- [PROBLEM DESCRIPTION]
Below this sentence is a listing; return exactly its lines from the one with "push_number(out, u64::from(array))?;" to the one with "Writes a moment.", both kept, and nothing more.

- [DATASET CONTENT]
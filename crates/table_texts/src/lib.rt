//! The texts of what is shown: the tables that squeue(1), sinfo(1) and sprio(1) print, and the lines of "scontrol show",
//! scontrol(1).
#![tactic(auto)]

mod columns;
mod dependency;
mod field;
mod form;
pub mod ranges;
pub mod show;
mod show_job;
mod show_node;
mod show_partition;
mod show_reservation;
pub mod sinfo;
pub mod sprio;
pub mod squeue;
mod told;
pub mod values;
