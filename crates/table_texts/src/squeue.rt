//! The lines of squeue(1).

ghost use Rattle.std.specs.Prelude.{◌≡◌, ◌++◌, true, All, flat_map, OnOk};
ghost use Rattle.table_texts.specs.Squeue.{squeue_text, lines_of, line, row_line, piece_text, blank, is_fixed, told, title};

use crate::columns::title;
use crate::field::push_field;
use crate::form::{Form, fill_line, form_of};
use crate::told::push_told;
use operands::format::usual_format;
use reply_data::view::{JobRow, Row, View};
use request_data::query::{JobQuery, Piece};
use small_texts::memory_error::Memory;
use small_texts::pieces::push_text;
use std::alloc::Global;

/// Writes a line for each row in the format of the query, with titles above them where they are wanted.
pub fn push_view(
    alloc: Global,
    out: &mut Vec<u8>,
    query: &JobQuery,
    view: &View,
) -> Result<(), Memory>
    ensures { OnOk result (out.new.items ≡ out.old.items ++ squeue_text query.now view.now) }
{
    match &query.format {
        Some(pieces) => push_lines(alloc, out, query.titles, pieces.as_slice(), view),
        None => {
            let pieces = usual_format(alloc, query.starts)?;
            push_lines(alloc, out, query.titles, pieces.as_slice(), view)
        }
    }
}

fn push_lines(
    alloc: Global,
    out: &mut Vec<u8>,
    titles: bool,
    pieces: &[Piece],
    view: &View,
) -> Result<(), Memory>
    ensures { OnOk result (out.new.items ≡ out.old.items ++ lines_of titles pieces.now view.now) }
{
    if titles {
        push_titles(out, pieces)?;
    }
    push_rows(alloc, out, pieces, view.rows.as_slice())
}

fn push_rows(alloc: Global, out: &mut Vec<u8>, pieces: &[Piece], rows: &[Row]) -> Result<(), Memory>
    ensures { OnOk result (out.new.items ≡ out.old.items ++ flat_map (row_line pieces.now) rows.now) }
{
    let form = form_of(alloc, pieces)?;
    let mut room = Vec::new(alloc);
    for row in rows {
        if let Row::Job(job) = row {
            push_job(alloc, out, &mut room, &form, job)?;
        }
    }
    Ok(())
}

#[tactic(auto, unfolding(crate::specs::Squeue::line))]
fn push_titles(out: &mut Vec<u8>, pieces: &[Piece]) -> Result<(), Memory>
    ensures { OnOk result (out.new.items ≡ out.old.items ++ line title pieces.now) }
{
    for piece in pieces {
        push_title(out, *piece)?;
    }
    push_text(out, b"\n")
}

fn push_title(out: &mut Vec<u8>, piece: Piece) -> Result<(), Memory>
    ensures { OnOk result (out.new.items ≡ out.old.items ++ piece_text title piece) }
{
    match piece {
        Piece::Plain(byte) => out.push(byte)?,
        Piece::Column {
            column,
            width: None,
            ..
        } => push_text(out, title(column))?,
        Piece::Column {
            column,
            width: Some(width),
            dot,
        } => push_field(out, width.get() as usize, dot, title(column))?,
    }
    Ok(())
}

// Writes the line of a job: a copy of the form's, which is filled in, and what follows.
#[tactic(auto, unfolding(crate::specs::Squeue::line))]
fn push_job(
    alloc: Global,
    out: &mut Vec<u8>,
    room: &mut Vec<u8>,
    form: &Form,
    row: &JobRow,
) -> Result<(), Memory>
    requires fixed { All (λ piece. is_fixed piece ≡ true) form.now.fixed.now }
    requires blank { form.now.blank.items ≡ flat_map blank form.now.fixed.now }
    ensures { OnOk result (out.new.items
        ≡ out.old.items ++ line (told row.now) (form.now.fixed.now ++ form.now.rest.now)) }
{
    let start = out.len();
    push_text(out, form.blank.as_slice())?;
    fill_line(alloc, room, &mut out[start..], form.fixed, row)?;
    push_pieces(alloc, out, room, form.rest, row)?;
    out.push(b'\n')?;
    Ok(())
}

fn push_pieces(
    alloc: Global,
    out: &mut Vec<u8>,
    room: &mut Vec<u8>,
    pieces: &[Piece],
    row: &JobRow,
) -> Result<(), Memory>
    ensures { OnOk result (out.new.items ≡ out.old.items ++ flat_map (piece_text (told row.now)) pieces.now) }
{
    for piece in pieces {
        push_piece(alloc, out, room, *piece, row)?;
    }
    Ok(())
}

fn push_piece(
    alloc: Global,
    out: &mut Vec<u8>,
    room: &mut Vec<u8>,
    piece: Piece,
    row: &JobRow,
) -> Result<(), Memory>
    ensures { OnOk result (out.new.items ≡ out.old.items ++ piece_text (told row.now) piece) }
{
    match piece {
        Piece::Plain(byte) => out.push(byte)?,
        Piece::Column {
            column,
            width: None,
            ..
        } => push_told(alloc, out, row, column)?,
        Piece::Column {
            column,
            width: Some(width),
            dot,
        } => {
            room.clear();
            push_told(alloc, room, row, column)?;
            push_field(out, width.get() as usize, dot, room.as_slice())?;
        }
    }
    Ok(())
}
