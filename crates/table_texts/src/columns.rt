//! The texts of the columns of squeue(1).

ghost use Rattle.std.specs.Prelude.{◌≡◌, ◌≤◌, ◌++◌, OnOk};
ghost use Rattle.plain_data.specs.Elapsed.{elapsed_text};
ghost use Rattle.small_texts.specs.Moment.{moment_text};
ghost use Rattle.table_texts.specs.Squeue;

use plain_data::limit::Limit;
use plain_data::print_elapsed;
use plain_data::seconds::{FOREVER, Second};
use request_data::query::JobColumn;
use request_data::state::{Final, JobState, Reason};
use small_texts::memory_error::Memory;
use small_texts::moment::print_moment;
use small_texts::pieces::{push_labelled, push_number, push_text};

/// Writes a reason in parentheses.
pub fn push_reason(out: &mut Vec<u8>, reason: Reason) -> Result<(), Memory>
    ensures { OnOk result (out.new.items ≡ out.old.items ++ Squeue.reason_text reason) }
{
    out.push(b'(')?;
    push_text(out, reason_name(reason))?;
    out.push(b')')?;
    Ok(())
}

/// The title of a column.
#[tactic(auto, unfolding(crate::specs::Squeue::title))]
pub fn title(column: JobColumn) -> &'static [u8]
    ensures { result.now ≡ Squeue.title column }
{
    match column {
        JobColumn::Id => b"JOBID",
        JobColumn::Partition => b"PARTITION",
        JobColumn::JobName => b"NAME",
        JobColumn::User => b"USER",
        JobColumn::Account => b"ACCOUNT",
        JobColumn::Qos => b"QOS",
        JobColumn::Code => b"ST",
        JobColumn::State => b"STATE",
        JobColumn::Time => b"TIME",
        JobColumn::Nodes => b"NODES",
        JobColumn::Place => b"NODELIST(REASON)",
        JobColumn::Start => b"START_TIME",
        JobColumn::Priority => b"PRIORITY",
        JobColumn::Limit => b"TIME_LIMIT",
        JobColumn::Cpus => b"CPUS",
    }
}

/// Writes the number of an array and the index of its task.
pub fn push_task(out: &mut Vec<u8>, array: u32, index: u32) -> Result<(), Memory>
    ensures { OnOk result (out.new.items ≡ out.old.items ++ Squeue.task_of array index) }
{
    push_number(out, u64::from(array))?;
    push_labelled(out, b"_", u64::from(index))
}

/// Writes the job's number; a task of an array is named by the array and its index.
pub fn push_id(
    out: &mut Vec<u8>,
    id: u32,
    array: Option<u32>,
    index: Option<u32>,
) -> Result<(), Memory>
    ensures { OnOk result (out.new.items ≡ out.old.items ++ Squeue.id_of id array index) }
{
    match (array, index) {
        (Some(array), Some(index)) => push_task(out, array, index),
        _ => push_number(out, u64::from(id)),
    }
}

/// Writes a length of time.
pub fn push_elapsed(out: &mut Vec<u8>, seconds: u64) -> Result<(), Memory>
    requires { seconds ≤ FOREVER }
    ensures { OnOk result (out.new.items ≡ out.old.items ++ elapsed_text seconds) }
{
    let mut text = [0; 32];
    let len = print_elapsed(seconds, &mut text);
    push_text(out, &text[..len])
}

/// Writes a moment.
pub fn push_moment(out: &mut Vec<u8>, second: Second) -> Result<(), Memory>
    ensures { OnOk result (out.new.items ≡ out.old.items ++ moment_text second) }
{
    let mut text = [0; 19];
    print_moment(second.get(), &mut text);
    push_text(out, &text)
}

/// Writes a limit.
pub fn push_limit(out: &mut Vec<u8>, limit: Limit) -> Result<(), Memory>
    ensures { OnOk result (out.new.items ≡ out.old.items ++ Squeue.limit_of limit) }
{
    match limit {
        Limit::Unlimited => push_text(out, b"UNLIMITED"),
        Limit::Minutes(minutes) => push_elapsed(out, minutes.get() * 60),
    }
}

/// The code of a state.
pub fn state_code(state: JobState) -> &'static [u8]
    ensures { result.now ≡ Squeue.state_code state }
{
    match state {
        JobState::Pending => b"PD",
        JobState::Running => b"R",
        JobState::Completing(_) => b"CG",
        JobState::Ended(Final::Completed) => b"CD",
        JobState::Ended(Final::Cancelled) => b"CA",
        JobState::Ended(Final::Failed) => b"F",
        JobState::Ended(Final::Timeout) => b"TO",
        JobState::Ended(Final::NodeFail) => b"NF",
        JobState::Ended(Final::Requeue) => b"RQ",
    }
}

/// The word of a state.
pub fn state_word(state: JobState) -> &'static [u8]
    ensures { result.now ≡ Squeue.state_word state }
{
    match state {
        JobState::Pending => b"PENDING",
        JobState::Running => b"RUNNING",
        JobState::Completing(_) => b"COMPLETING",
        JobState::Ended(Final::Completed) => b"COMPLETED",
        JobState::Ended(Final::Cancelled) => b"CANCELLED",
        JobState::Ended(Final::Failed) => b"FAILED",
        JobState::Ended(Final::Timeout) => b"TIMEOUT",
        JobState::Ended(Final::NodeFail) => b"NODE_FAIL",
        JobState::Ended(Final::Requeue) => b"REQUEUED",
    }
}

/// The name of a reason.
pub fn reason_name(reason: Reason) -> &'static [u8]
    ensures { result.now ≡ Squeue.reason_name reason }
{
    match reason {
        Reason::JobHeldAdmin => b"JobHeldAdmin",
        Reason::JobHeldUser => b"JobHeldUser",
        Reason::DependencyNeverSatisfied => b"DependencyNeverSatisfied",
        Reason::Dependency => b"Dependency",
        Reason::BeginTime => b"BeginTime",
        Reason::PartitionInactive => b"PartitionInactive",
        Reason::PartitionDown => b"PartitionDown",
        Reason::PartitionTimeLimit => b"PartitionTimeLimit",
        Reason::PartitionNodeLimit => b"PartitionNodeLimit",
        Reason::QosMaxWallDurationPerJobLimit => b"QOSMaxWallDurationPerJobLimit",
        Reason::JobArrayTaskLimit => b"JobArrayTaskLimit",
        Reason::AssocGrpJobsLimit => b"AssocGrpJobsLimit",
        Reason::AssocGrpCpuLimit => b"AssocGrpCpuLimit",
        Reason::AssocMaxJobsLimit => b"AssocMaxJobsLimit",
        Reason::QosGrpJobsLimit => b"QOSGrpJobsLimit",
        Reason::QosGrpCpuLimit => b"QOSGrpCpuLimit",
        Reason::QosMaxJobsPerUserLimit => b"QOSMaxJobsPerUserLimit",
        Reason::QosMaxCpuPerUserLimit => b"QOSMaxCpuPerUserLimit",
        Reason::Reservation => b"Reservation",
        Reason::ReqNodeNotAvail => b"ReqNodeNotAvail",
        Reason::Resources => b"Resources",
        Reason::Priority => b"Priority",
    }
}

- [PROBLEM SOLUTION]
    push_number(out, u64::from(array))?;
    push_labelled(out, b"_", u64::from(index))
}

/// Writes the job's number; a task of an array is named by the array and its index.
pub fn push_id(
    out: &mut Vec<u8>,
    id: u32,
    array: Option<u32>,
    index: Option<u32>,
) -> Result<(), Memory>
    ensures { OnOk result (out.new.items ≡ out.old.items ++ Squeue.id_of id array index) }
{
    match (array, index) {
        (Some(array), Some(index)) => push_task(out, array, index),
        _ => push_number(out, u64::from(id)),
    }
}

/// Writes a length of time.
pub fn push_elapsed(out: &mut Vec<u8>, seconds: u64) -> Result<(), Memory>
    requires { seconds ≤ FOREVER }
    ensures { OnOk result (out.new.items ≡ out.old.items ++ elapsed_text seconds) }
{
    let mut text = [0; 32];
    let len = print_elapsed(seconds, &mut text);
    push_text(out, &text[..len])
}

/// Writes a moment.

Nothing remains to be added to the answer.